■ WORK TO BE COMPLETED:
Below is a listing; restate from it, character for character, the lines beginning at the line holding "large (JVMS 4.7.4)." and ending at the line holding "λ end fault.", both included.

■ MATERIAL SHOWN:
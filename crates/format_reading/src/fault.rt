// Where and why bytes are no class file.
ghost use Rattle.std.specs.Prelude.{◌≡◌};
ghost use Rattle.format_reading.specs.Fault.{cut, inside, or_inside};
ghost use Rattle.jv_base.specs.declared.outcome.Or.TheVariants.{Fault};

use jv_base::{End, Or};
use thiserror::Error;

/// The rule of JVMS 4 that bytes break.
#[derive(Clone, Copy, Debug, PartialEq, Eq)]
pub enum FormatKind {
    /// The bytes end too soon. The offset is how many there are.
    Cut,
    /// The first four bytes aren't `CAFEBABE` (JVMS 4.1).
    BadMagic,
    /// The version isn't 52.0 (JVMS 4.1).
    BadVersion,
    /// An entry of the constant pool has an unknown tag, or no room for its second index (JVMS 4.4).
    BadTag,
    /// Bytes aren't in modified UTF-8 (JVMS 4.4.7).
    BadUtf8,
    /// An index names no entry of the constant pool of the kind that its place needs (JVMS 4.4).
    BadIndex,
    /// A text is no name of the kind that its place needs (JVMS 4.2).
    BadName,
    /// A text is no descriptor of the kind that its place needs (JVMS 4.3).
    BadDescriptor,
    /// Access flags contradict each other or their place (JVMS 4.1, 4.5 and 4.6).
    BadFlags,
    /// An attribute isn't as long as its contents, or stands where it may not, or is missing
    /// (JVMS 4.7).
    BadAttribute,
    /// A constant doesn't fit the type of its field (JVMS 4.7.2).
    BadConstant,
    /// A code array is empty or longer than 65,535 bytes, or ends inside an instruction (JVMS 4.7.3
    /// and 4.9.1).
    BadCode,
    /// A byte is no opcode that may stand there (JVMS 4.9.1 and 6.5).
    BadOpcode,
    /// An instruction's operand breaks a rule (JVMS 4.9.1).
    BadOperand,
    /// A branch leads to no instruction (JVMS 4.9.1).
    BadTarget,
    /// An exception handler names no range or no instruction (JVMS 4.7.3).
    BadHandler,
    /// A row of a stack map has no known form, names no instruction, type or `new`, takes more locals
    /// than there are, or is too large (JVMS 4.7.4).
    BadFrame,
    /// A member or an attribute stands twice (JVMS 4.5, 4.6 and 4.7).
    Repeated,
    /// Bytes follow the class file (JVMS 4.8).
    Trailing,
}

/// The first fault of bytes that are no class file: the rule that is broken, and the offset of the
/// first byte of the item that breaks it.
#[derive(Clone, Copy, Debug, Error, PartialEq, Eq)]
#[error("{kind:?} at byte {offset}")]
pub struct FormatFault {
    pub offset: u32,
    pub kind: FormatKind,
}

impl From<End> for FormatFault {
    ghost from_gives = { λ end fault. fault ≡ cut end };

    fn from(end: End) -> Self {
        FormatFault {
            offset: end.0,
            kind: FormatKind::Cut,
        }
    }
}

impl From<FormatFault> for Or<FormatFault> {
    ghost from_gives = { λ fault either. either ≡ Fault fault };

    fn from(fault: FormatFault) -> Self {
        Or::Fault(fault)
    }
}

impl FormatFault {
    /// A fault in a part of an attribute, as one of the class file. Where the bytes of the part end
    /// too soon, the attribute is at fault, whose first byte has the offset `attribute`.
    pub fn inside(self, attribute: u32) -> FormatFault
        ensures { result ≡ inside attribute self }
    {
        match self.kind {
            FormatKind::Cut => FormatFault {
                offset: attribute,
                kind: FormatKind::BadAttribute,
            },
            _ => self,
        }
    }
}

/// The same beside want of memory, which stays.
pub fn of_part(attribute: u32, fault: Or<FormatFault>) -> Or<FormatFault>
    ensures { result ≡ or_inside attribute fault }
{
    match fault {
        Or::Fault(fault) => Or::Fault(fault.inside(attribute)),
        Or::OutOfMemory => Or::OutOfMemory,
    }
}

■ SOLUTION TO THE PROBLEM:
    /// than there are, or is too large (JVMS 4.7.4).
    BadFrame,
    /// A member or an attribute stands twice (JVMS 4.5, 4.6 and 4.7).
    Repeated,
    /// Bytes follow the class file (JVMS 4.8).
    Trailing,
}

/// The first fault of bytes that are no class file: the rule that is broken, and the offset of the
/// first byte of the item that breaks it.
#[derive(Clone, Copy, Debug, Error, PartialEq, Eq)]
#[error("{kind:?} at byte {offset}")]
pub struct FormatFault {
    pub offset: u32,
    pub kind: FormatKind,
}

impl From<End> for FormatFault {
    ghost from_gives = { λ end fault. fault ≡ cut end };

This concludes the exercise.